Legislation (SB 5921) to prevent development rules from changing in “the middle of the game” has been passed by the Senate Judiciary Committee.
Ashbaugh Beal partner Tymon Berger (photo right) testified on behalf of AGC before the House Judiciary Committee in support of the House version of the measure (HB 1394). The legislation preserves the common-law interpretation and application of the state’s vested-rights doctrine.
“This bill is about protecting against unintended consequences” testified Berger. “I don’t think anyone disputes the value of the vesting-rights doctrine. It encourages investors and injects predictability.” (See below for the video of Berger’s full testimony.)

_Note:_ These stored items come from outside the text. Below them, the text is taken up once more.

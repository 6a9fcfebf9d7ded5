//! The rules that one node of a policy made, each with the names of what it is made of, and a change of
//! them in two steps. The first adds what comes and wants memory; the second lets go what goes and wants
//! none. Until then the change can be taken back. A rule that is made again of other rules stays under
//! its id, and the change doesn't tell of it.
#![tactic(auto)]

pub mod change;
pub mod laws;
pub mod made;
pub mod named;
pub mod old;
pub mod parting;
mod plan;
pub mod stay;

pub use change::Change;
pub use made::{Made, Origin};
pub use named::made_of;
pub use old::{Old, olds};
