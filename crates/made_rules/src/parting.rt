//! What goes and comes in one change is told apart from what stays.
ghost use Rattle.std.specs.Prelude.{◌≡◌, ◌+◌, ◌-◌, ◌<◌, List, OnOk, IfOk, IfNone, IfSome, false, get_or, length, true};
ghost use Rattle.std.specs.declared.cmp.Ordering.TheVariants.{Equal, Greater, Less};
ghost use Rattle.rule_ancestry.specs.Holding.{Held};
ghost use Rattle.policy_meaning.specs.declared.rule.Rule.{Rule};
ghost use Rattle.policy_meaning.specs.Order.{by_ancestry};
ghost use Rattle.made_rules.specs.declared.made.Made.{Made};
ghost use Rattle.made_rules.specs.Parting.{Differ, IsParted, IsToldApart, OldsRise};

use crate::made::Made;
use crate::old::Old;
use cv_io::Memory;
use policy_meaning::Rule;
use std::alloc::Global;
use std::cmp::Ordering;

/// A rule that stays, and the same rule as it is made anew.
#[derive(Debug, Drop)]
pub struct Both {
    pub id: usize,
    pub made: Made,
}

/// The rules that go, those that come and those that stay.
#[derive(Drop)]
pub(crate) struct Parted<'a> {
    pub(crate) gone: Vec<Old<'a>>,
    pub(crate) come: Vec<Made>,
    pub(crate) both: Vec<Both>,
}

/// How the last rules of two lists stand to each other.
fn order_of_last(gone: &[Old], come: &[Made]) -> Ordering
    requires gone { 0 < length gone.now }
    requires come { 0 < length come.now }
    ensures { (x : Held Rule) → (y : Made)
        → result ≡ by_ancestry (get_or gone.now (length gone.now - 1) x).item
        (get_or come.now (length come.now - 1) y).rule }
{
    let old = &gone[gone.len() - 1];
    old.rule.cmp_listed(&come[come.len() - 1].rule)
}

/// Whether two rules are the same.
fn is_same(a: &Rule, b: &Rule) -> bool
    ensures same { result ≡ true → a.now ≡ b.now }
    ensures other { result ≡ false → a.now ≡ b.now → ⊥ }
{
    *a == *b
}

/// How a rule that is held is listed against another; equal only if it is the same, else greater.
fn compared(old: &Old, rule: &Rule) -> Ordering
    ensures same { result ≡ Equal → old.now.item ≡ rule.now }
    ensures below { result ≡ Less → by_ancestry old.now.item rule.now ≡ Less }
    ensures other { result ≡ Greater → old.now.item ≡ rule.now → ⊥ }
{
    if is_same(old.rule, rule) {
        return Ordering::Equal;
    }
    match old.rule.cmp_listed(rule) {
        Ordering::Less => Ordering::Less,
        _ => Ordering::Greater,
    }
}

/// A place, in a rising list, of a rule that is the same.
fn place_of(gone: &[Old], rule: &Rule) -> Option<usize>
    ensures found { IfSome result (λ place. (place < length gone.now)
        × ((d : Held Rule) → (get_or gone.now place d).item ≡ rule.now)) }
    ensures none { IfNone result (OldsRise gone.now → Differ gone.now rule.now) }
{
    let mut end = gone.len();
    while 0 < end {
        end -= 1;
        match compared(&gone[end], rule) {
            Ordering::Less => return None,
            Ordering::Equal => return Some(end),
            Ordering::Greater => {}
        }
    }
    None
}

/// Takes the last of the rules that come, with the one that goes and is the same, if there is one.
fn take_come<'a>(
    gone: &mut Vec<Old<'a>>,
    come: &mut Vec<Made>,
    parted: &mut Parted<'a>,
) -> Result<(), Memory>
    requires { 0 < length come.old.items }
    ensures parted { (all : List (Held Rule)) → (others : List Made)
        → IsParted all others gone.old.items come.old.items parted.old.gone.items parted.old.come.items
        parted.old.both.items
        → OnOk result (IsParted all others gone.new.items come.new.items parted.new.gone.items parted.new.come.items
        parted.new.both.items) }
    ensures fewer { length gone.new.items + length come.new.items < length gone.old.items + length come.old.items }
{
    if let Some(made) = come.pop() {
        match place_of(gone, &made.rule) {
            Some(place) => {
                let old = gone.remove(place);
                parted.both.push(Both { id: old.id, made })?;
            }
            None => parted.come.push(made)?,
        }
    }
    Ok(())
}

/// Takes the last of the rules that go, where it is above those that come; else the last of those that
/// come.
fn part_one<'a>(
    gone: &mut Vec<Old<'a>>,
    come: &mut Vec<Made>,
    parted: &mut Parted<'a>,
) -> Result<(), Memory>
    requires gone { 0 < length gone.old.items }
    requires come { 0 < length come.old.items }
    ensures parted { (all : List (Held Rule)) → (others : List Made)
        → IsParted all others gone.old.items come.old.items parted.old.gone.items parted.old.come.items
        parted.old.both.items
        → OnOk result (IsParted all others gone.new.items come.new.items parted.new.gone.items parted.new.come.items
        parted.new.both.items) }
    ensures fewer { length gone.new.items + length come.new.items < length gone.old.items + length come.old.items }
{
    match order_of_last(gone, come) {
        Ordering::Greater => {
            if let Some(old) = gone.pop() {
                parted.gone.push(old)?;
            }
            Ok(())
        }
        _ => take_come(gone, come, parted),
    }
}

/// Tells the rules that go and those that come apart from those that do both.
pub(crate) fn part<'a>(
    alloc: Global,
    gone: Vec<Old<'a>>,
    come: Vec<Made>,
) -> Result<Parted<'a>, Memory>
    ensures { IfOk result (λ parted. IsToldApart gone.entry.items come.items parted.gone.items parted.come.items
        parted.both.items) }
{
    let mut gone = gone;
    let mut come = come;
    gone.sort_by(|a, b| a.rule.cmp_listed(b.rule))?;
    come.sort_by(|a, b| a.rule.cmp_listed(&b.rule))?;
    let mut parted = Parted {
        gone: Vec::new(alloc),
        come: Vec::new(alloc),
        both: Vec::new(alloc),
    };
    while !gone.is_empty() && !come.is_empty() {
        part_one(&mut gone, &mut come, &mut parted)?;
    }
    parted.gone.append(&mut gone)?;
    parted.come.append(&mut come)?;
    Ok(parted)
}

The legislation was introduced in response to court decisions regarding the Potala Village development in Kirkland. Potala Village planned to have 143 apartment units and submitted a completed shoreline substantial-development permit which the city approved. The city subsequently imposed a moratorium on development and adopted new zoning regulations which would have allowed only 60 units.
King County Superior Court concluded Potala Village had vested rights before the city imposed the six-month emergency moratorium and adopted the new zoning regulations. But the Court of Appeals found that statutory encroachments on the vested-rights doctrine restricted its application to only building-permit applications—not the shoreline substantial-development permit that the city had approved and allowed Potala to proceed under. The Washington Supreme Court declined to review that decision.
The vested-rights doctrine was first recognized by the Washington Supreme Court in the 1950s. The Court originally stated that a right vests when a party applies for a building permit. However subsequent cases applied the vested-rights doctrine to permit applications other than building-permit applications finding that rights vest at conditional-use permit applications grading-permit applications septic-permit applications and shoreline substantial-development permit applications like Potala’s. The inclusion of these “other” permits became part of Washington’s vested-rights common law.
The development community maintains that the appellate court interpreted the doctrine too strictly adhering to statute while ignoring the long-held common-law recognition that rights can vest under both building permits and “other” permits like Potala’s. Thus the legislation states that statutory codification of the vested-rights doctrine does not limit the common-law interpretation and application of the vested-rights doctrine.
HB 1394 cosponsored by Representatives Takko Taylor Orcutt Scott and Buys did not make it out of the House Judiciary Committee before a legislative cut-off date. However the measure is still alive because SB 5921 cosponsored by Senators Honeyford Hatfield Chase and Brown was passed out of the Senate Judiciary Committee 4-3 and now sits in the Senate Rules Committee.